Just got the initial C port of jcBench completed. Right now there are IRIX 6.5 MIPS IV and Win32 x86 binaries working, I'm hoping to add additional functionality and then merge back in the changes I made to the original 4 platforms. I should note the performance numbers between the 2 will not be comparable. I rewrote the actual benchmarking algorithm to be solely integer based, that's not to say I won't add a floating point, but it made sense after porting the C# code to C. That being said, after finding out a while back on how Task Parallel Library (TPL) really works, my implementation of multi-threading using POSIX, does things a little differently.

Where the TPL starts off with one thread and as it continues processing increases the threads dynamically, my implementation simply takes the number of threads specified via the command line, divides the work (in my case the number of objects) by the number of threads and kicks off the threads from the start. While TPLs implementation is great for work that you don't know if it will really even hit the maximum number of cpus/cores efficiently, for my case it actually hinders performance. I'm now wondering if you can specify from the start how many threads to kick off? If not, Microsoft, maybe add support for that? I've got a couple scenarios I know for instance would benefit from at least 4-8 threads initially, especially for data migration that I prefer to do in C# versus SSIS (call me a control freak).

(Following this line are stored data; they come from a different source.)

// Names as text, as carriers 4 and 5 have them (RULES N4: the labels joined by dots, without a final dot, 1 to 253 octets), and
// the two conversions between a name's text and its wire form, which the record sheet holds.
// The check answers the place of the first octet at which no acceptable name can continue. The label rule itself is the crate `names`'s.
// A conversion judges nothing: it takes any octets that fit, and its laws say what holds of acceptable ones.
#![tactic(auto)]

ghost use Rattle.std.specs.Prelude.{◌≡◌, ◌+◌, ◌-◌, ◌≤◌, length};
ghost use Rattle.octets.specs.Over.{Wrote};
ghost use Rattle.names.specs.Answered.{answer_in};
ghost use Rattle.texts.specs.Texts.{wire_of, text_of};
ghost use Rattle.texts.specs.TextCheck.{text_check, text_automaton, letter, hyphen, after};
ghost use Rattle.texts.specs.Right.{Right};

use names::GOOD;

// A label has at most 63 octets: so many after its first.
const REST: usize = 62;

// So many octets decide: the 254th is never good, whatever follows.
const DECIDING: usize = 254;

// How many octets a label may have after its first at `at`, within the text's 253.
fn left_after(at: usize) -> usize
    requires { at ≤ 252 }
    ensures { result ≡ after at }
{
    REST.min(252 - at)
}

// The place at which the first n octets of `text` stop being a name, or GOOD: after a letter or a digit of a label that may have `label`
// octets more, where `left` of the n are left. Each call has fewer, and the place is n - left.
// Over a reference to the slice, and with a number as the answer, the calls compile to jumps.
#[cycle(after_hyphen_after_letter)]
fn after_letter(text: &&[u8], n: usize, left: usize, label: usize) -> usize
    requires { (n ≤ 254) × (n ≤ length text.now.now) × (left ≤ n) }
    ensures { result ≡ answer_in text_automaton text.now.now n (letter label) left }
{
    if left == 0 {
        return GOOD;
    }
    let at = n - left;
    let rest = left - 1;
    let b = text[at];
    if names::is_alnum(b) {
        if label == 0 {
            return at;
        }
        return after_letter(text, n, rest, label - 1);
    }
    if b == b'-' {
        if label <= 1 {
            return at;
        }
        return after_hyphen(text, n, rest, label - 1);
    }
    if b != b'.' {
        return at;
    }
    if 251 < at {
        return at;
    }
    if rest == 0 {
        return n;
    }
    let first = at + 1;
    if names::is_alnum(text[first]) {
        return after_letter(text, n, rest - 1, left_after(first));
    }
    first
}

// The same after a hyphen, where one octet at least is to come.
#[cycle(after_hyphen_after_letter)]
fn after_hyphen(text: &&[u8], n: usize, left: usize, label: usize) -> usize
    requires { (n ≤ 254) × (n ≤ length text.now.now) × (left ≤ n) × (1 ≤ label) }
    ensures { result ≡ answer_in text_automaton text.now.now n (hyphen label) left }
{
    if left == 0 {
        return n;
    }
    let at = n - left;
    let rest = left - 1;
    let b = text[at];
    if names::is_alnum(b) {
        return after_letter(text, n, rest, label - 1);
    }
    if b != b'-' {
        return at;
    }
    if label <= 1 {
        return at;
    }
    after_hyphen(text, n, rest, label - 1)
}

// Whether s is a name as text, filling s exactly, and the first bad place if it is not.
pub fn check_text(s: &[u8]) -> Result<(), usize>
    ensures value { result ≡ text_check s.now }
    ensures right { Right s.now result }
{
    let [first, ..] = s else {
        return Err(0);
    };
    if !names::is_alnum(*first) {
        return Err(0);
    }
    let n = DECIDING.min(s.len());
    let text = &s[..];
    names::name_of(after_letter(&text, n, n - 1, REST))
}

// Writes the wire form of a text at `at`, and returns the index after it. It goes from the end to the front, so that the length of a
// label is known where its length octet stands.
pub fn to_wire(out: &mut [u8], at: usize, text: &[u8]) -> usize
    requires { (at + length text.now + 2 ≤ length out.old) × (length text.now ≤ 253) }
    ensures { Wrote at (wire_of text.now) out.old result out.new }
{
    let n = text.len();
    let first = at + 1;
    let mut label: u8 = 0;
    out[first + n] = 0;
    for i in (0..n).rev() {
        let b = text[i];
        if b == b'.' {
            out[first + i] = label;
            label = 0;
        } else {
            out[first + i] = b;
            label += 1;
        }
    }
    out[at] = label;
    first + n + 1
}

// Writes the text of a wire form at `at`, and returns the index after it.
pub fn to_text(out: &mut [u8], at: usize, wire: &[u8]) -> usize
    requires { (2 ≤ length wire.now) × (at + (length wire.now - 2) ≤ length out.old) }
    ensures { Wrote at (text_of wire.now) out.old result out.new }
{
    let n = wire.len() - 2;
    let mut left = wire[0];
    for i in 0..n {
        let place = at + i;
        let b = wire[i + 1];
        if left == 0 {
            out[place] = b'.';
            left = b;
        } else {
            out[place] = b;
            left -= 1;
        }
    }
    at + n
}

Back to jcBench, at least with the current algorithm, it appears that a MIPS 600mhz R14000A with 4MB of L2 cache is roughly equivalent to a 1200mhz Phenom II with 512kb L2 cache and 6mb of L3 cache at least in Integer performance. This is based on a couple runs of the new version of jcBench. It'll be interesting to see with numalink if it continues this to 1 to 2 ratio. I'm hoping to see how different generations of AMD cpus compare to the now 10 year old MIPS cpu.